On this topic a great deal probably depends on the type of fishing you do and your intent for the finder. I know that some fishermen use a finder to locate pods or even individual fish with a reasonable degree of accuracy. Personally I don't use one for that purpose, although I do pay attention to fish depth. My main use is for water depth, temperature, and to locate structure. Yes, if I see a good concentration of fish that's never a bad thing either -- but locating the depth and structure preferences of the trout is what I'm after. The Buddy is very good at all of these things, but no it won't have the screen resolution and detail of higher end models either.


----------



## MarkM (Sep 7, 2007)

threshershark said:


> +1 for the Buddy, it's the least complex method for use w/ a pontoon. GrandpaD's comments are well put for getting things working right.
> 
> On this topic a great deal probably depends on the type of fishing you do and your intent for the finder. I know that some fishermen use a finder to locate pods or even individual fish with a reasonable degree of accuracy. Personally I don't use one for that purpose, although I do pay attention to fish depth. My main use is for water depth, temperature, and to locate structure. Yes, if I see a good concentration of fish that's never a bad thing either -- but locating the depth and structure preferences of the trout is what I'm after. The Buddy is very good at all of these things, but no it won't have the screen resolution and detail of higher end models either.

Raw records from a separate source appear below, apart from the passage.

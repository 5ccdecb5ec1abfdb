//! Counting who said a statement, over every register. Quorums are counted here and nowhere else.
#![tactic(auto)]

ghost use Rattle.std.specs.Prelude.{◌≡◌, ◌<◌, true};
ghost use Rattle.quorum.specs.Quorums.{signed_by, said, count, quorum, Finds, FindsNext};

use record::{Record, SIGNERS};
use register::Register;
use std::ops::Range;

// The statement, said by another signer.
fn signed_by(statement: &Record, signer: u8) -> Record
    ensures { result ≡ signed_by statement.now signer }
{
    Record {
        signer,
        ..*statement
    }
}

// Whether a replica said the statement. Only a number below 16 can be a signer's.
fn said<R: Register>(register: &R, statement: &Record, replica: u8) -> bool
    ensures said { result ≡ said (R.held register.now) statement.now replica }
    ensures below { result ≡ true → replica < 16 }
{
    register.ask(&signed_by(statement, replica))
}

// The numbers of `n` replicas.
fn numbers(n: u8) -> Range<u8>
    ensures { result ≡ record { start = 0; end = n } }
{
    0..n
}

// The next replica in the range that said the statement; the range goes on after it.
fn next_sayer<R: Register>(register: &R, statement: &Record, replicas: &mut Range<u8>) -> Option<u8>
    ensures { let passes = said (R.held register.now) statement.now in
        FindsNext passes replicas.old replicas.new result }
{
    replicas.find(|&replica| said(register, statement, replica))
}

/// How many of the replicas below `n` said the statement, each under its own number.
pub fn count<R: Register>(register: &R, statement: &Record, n: u8) -> u8
    ensures { result ≡ count n (said (R.held register.now) statement.now) }
{
    numbers(n)
        .filter(|&signer| said(register, statement, signer))
        .count() as u8
}

/// The replicas of a ledger. Any two numbers will do: a quorum that cannot be reached is not
/// reached.
#[derive(Clone, Copy, PartialEq, Eq, Debug)]
pub struct Membership {
    /// How many replicas there are, numbered from 0.
    pub replicas: u8,
    /// How many of them are a quorum.
    pub quorum: u8,
}

impl Membership {
    /// A quorum of different replicas that said the statement, in the first `quorum` bytes; the
    /// others are 0. Nothing if fewer said it.
    // An array: 16 bytes are what is promised, and the membership has the number of witnesses.
    #[tactic(auto, using(crate::proofs::Finding::found_few, crate::proofs::Finding::found_enough))]
    pub fn witnesses<R: Register>(self, register: &R, statement: &Record) -> Option<[u8; SIGNERS]>
        ensures { let passes = said (R.held register.now) statement.now in
            Finds self.replicas self.quorum passes result }
    {
        let mut replicas = numbers(self.replicas);
        let mut found = [0; SIGNERS];
        // By place, not over the first `quorum` bytes: that 16 are enough shows only by asking.
        for place in 0..usize::from(self.quorum) {
            found[place] = next_sayer(register, statement, &mut replicas)?;
        }
        Some(found)
    }

    /// Whether a quorum said the statement.
    pub fn reached<R: Register>(self, register: &R, statement: &Record) -> bool
        ensures { result ≡ quorum (R.held register.now) self statement.now }
    {
        self.witnesses(register, statement).is_some()
    }
}
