//! Registers over records: `Table` over records that the caller lends, and `SpareSheet`, which has
//! 16 of its own, over any register.
#![tactic(auto)]

mod entering;
mod sheet;
mod store;
mod table;

pub use sheet::SpareSheet;
pub use table::Table;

Good post Shark, I use my Buddy the same way. Depth, temp, and structure is what I am looking at with my Buddy.

Mark


----------



## stupiddog (Jan 15, 2008)

I think what I'm really looking for is an easier way to locate schools of kokes because Ive decided to devote a little extra time this year to those tasty little critters.


----------



## scott_rn (Sep 11, 2007)

stupiddog said:


> I think what I'm really looking for is an easier way to locate schools of kokes because Ive decided to devote a little extra time this year to those tasty little critters.


Sorry to sidetrack, do they hang in schools? I've never really fished for them and only caught a couple while fishing for trout.
Good luck with the finder dilema, I still haven't decided on one either.


----------



## stupiddog (Jan 15, 2008)

Yes they are usually schooled up.


----------